Here's my honest read on what to do:

  • Do not stop filing. Filing your I-589 still starts your clock. Filing your I-765 (c)(8) at day 150 is still your right. The hold delays adjudication, not your eligibility to apply.
  • Track your receipts obsessively. If your case touches the rerun policy, you'll want documentation of every filing date, every biometrics appointment, every fingerprint code. Screenshots. PDFs. Everything.
  • If you're from one of the 39 countries, get specialized counsel. A general practitioner is not going to know how to draft a hold-lift request, and the wrong language can hurt you.
  • If you're a physician — or a physician's spouse on a derivative — flag it now. Don't wait for USCIS to find you. They won't.
  • If you have a pending I-130 or marriage-based I-485, expect interviews to slow back down. The fast-turnaround window is closing as the rerun backlog absorbs adjudicator bandwidth.

I also want to address the questions I keep getting about the I-751 (removal of conditions on a 2-year green card). It is not a renewal — it is a separate petition you must file in the 90-day window before your conditional card expires, and missing it can put you in removal proceedings. That hasn't changed. What has changed is that I-751 cases are also caught up in the biometrics rerun, so the already-long processing times are getting longer. Plan accordingly.

The bigger pattern I want you to see

Step back with me for a second. Between the asylum adjudicative hold, the country-based holds for 39 nationalities, the biometrics rerun pause, the slow-walked physician visa renewals, and the quiet carve-outs that require you to ask for them by name — what we're really watching is a system being redesigned around friction. Not denials. Friction. Cases don't get rejected; they just stop moving. EADs don't get refused; they just sit. Interviews don't get cancelled; they just get rescheduled into 2027.

That's a deliberate choice. And in my view, it's the choice that's hardest to fight, because there's nothing concrete to appeal. You can't sue over a case that's "under review." You can file a mandamus action if a case is unreasonably delayed, and I expect we'll see a wave of those this summer — but mandamus is expensive, slow, and not realistic for most people I serve.

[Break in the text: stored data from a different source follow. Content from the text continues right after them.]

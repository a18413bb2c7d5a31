//! The site as described so far.

use crate::line::Expression;
use anyhow::anyhow;
use host::{Evaluated, Host, View};
use resolve::{PathRow, Resolved, Resolver, TableResolver};
use rows::{Access, Place, Source, Texts, VarRow};
use site::{Operand, SiteExpr, SiteHost, SiteValue};
use std::alloc::Global;

/// The names of variables stand in the site's text, and those of expressions in the rule's, as where a rule meets a site
/// that it was not written for.
#[derive(Drop)]
pub struct Described {
    rule: String,
    site: String,
    names: Vec<VarRow<SiteValue>>,
    expressions: Vec<SiteExpr>,
    modules: Vec<PathRow>,
}

/// Writes a name behind a text.
fn put_name(text: &mut String, source: Source, name: &str) -> anyhow::Result<Place> {
    let (Ok(offset), Ok(length)) = (u32::try_from(text.len()), u32::try_from(name.len())) else {
        return Err(anyhow!("the names are too long"));
    };
    text.push_str(name)?;
    Ok(Place {
        source,
        offset,
        length,
    })
}

impl Described {
    pub fn new(heap: Global) -> Described {
        Described {
            rule: String::new(heap),
            site: String::new(heap),
            names: Vec::new(heap),
            expressions: Vec::new(heap),
            modules: Vec::new(heap),
        }
    }

    pub fn add_name(&mut self, name: &str, access: Access, value: SiteValue) -> anyhow::Result<()> {
        let place = put_name(&mut self.site, Source::Site, name)?;
        self.names.push(VarRow::new(place, access, value))?;
        Ok(())
    }

    pub fn add_module(&mut self, row: PathRow) -> anyhow::Result<()> {
        self.modules.push(row)?;
        Ok(())
    }

    /// The operand that an earlier expression is. One of two operands is none, since operands do not nest.
    fn operand(&self, code: usize) -> Option<Operand> {
        match self.expressions.get(code) {
            Some(SiteExpr::Operand(operand)) => Some(*operand),
            _ => None,
        }
    }

    /// What an expression as written stands for, with its name put behind the rule's text; none where it names operands that there are not.
    fn compile(&mut self, expression: Expression<'_>) -> anyhow::Result<Option<SiteExpr>> {
        Ok(match expression {
            Expression::Value(value) => Some(SiteExpr::Operand(Operand::Constant(value))),
            Expression::Variable(name) => {
                let place = put_name(&mut self.rule, Source::Rule, name)?;
                Some(SiteExpr::Operand(Operand::Variable(place)))
            }
            Expression::Binary(left, operator, right) => self
                .operand(left)
                .zip(self.operand(right))
                .map(|(left, right)| SiteExpr::Binary(operator, left, right)),
        })
    }

    /// Adds an expression, and answers its code.
    pub fn add_expression(&mut self, expression: Expression<'_>) -> anyhow::Result<Option<usize>> {
        let Some(compiled) = self.compile(expression)? else {
            return Ok(None);
        };
        let code = self.expressions.len();
        self.expressions.push(compiled)?;
        Ok(Some(code))
    }

    /// What the host answers to a code, with the variables so far.
    pub fn evaluate(&mut self, code: u16) -> Evaluated<SiteValue> {
        let used = self.names.len();
        let view = View {
            texts: Texts {
                rule: self.rule.as_bytes(),
                site: self.site.as_bytes(),
            },
            mark: true,
            limit: used,
        };
        let mut host = SiteHost::new(self.expressions.as_slice());
        let (_, answer) = host.evaluate(code, self.names.as_mut_slice(), used, view);
        answer
    }

    pub fn resolve(&self, path: u32) -> Resolved {
        let resolver = TableResolver {
            rows: self.modules.as_slice(),
        };
        resolver.resolve(path)
    }
}
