// The part of a lent file that a refusal shows: of the table or of the events, no copy.
ghost use Rattle.std.specs.Prelude.{◌≡◌};
ghost use Rattle.wire.specs.View.{part_of, shown_of};

// So many bytes from a place on.
#[derive(Clone, Copy)]
pub struct Part {
    pub from: usize,
    pub size: usize,
}

impl Part {
    // That part of s, as far as it goes.
    pub fn of<'a>(self, s: &'a [u8]) -> &'a [u8]
        ensures { result.now ≡ part_of self s.now }
    {
        let rest = s.get(self.from..).unwrap_or(&[]);
        rest.get(..self.size).unwrap_or(rest)
    }
}

// Where the shown part stands.
#[derive(Clone, Copy)]
pub enum Place {
    Table(Part),
    Events(Part),
}

// The shown part, of whichever file holds the offending field.
pub fn shown<'a>(table: &'a [u8], events: &'a [u8], place: Place) -> &'a [u8]
    ensures { result.now ≡ shown_of table.now events.now place }
{
    match place {
        Place::Table(part) => part.of(table),
        Place::Events(part) => part.of(events),
    }
}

If you want a deeper breakdown of how these holds, pauses, and database changes fit together, I wrote about the wider pattern here: 5 US Immigration Changes You Need to Know. Read it alongside this post — they're two halves of the same story.

I'll keep monitoring approvals coming through after the April 27 cutoff, and I'll keep reporting back. If you got an EAD, I-130, or I-485 approval after that date, please tell me. Real-world data points are how we figure out whether the agency is actually processing or just performing the appearance of processing. We'll get through this together — but only if we stay loud, organized, and specific about what we're seeing.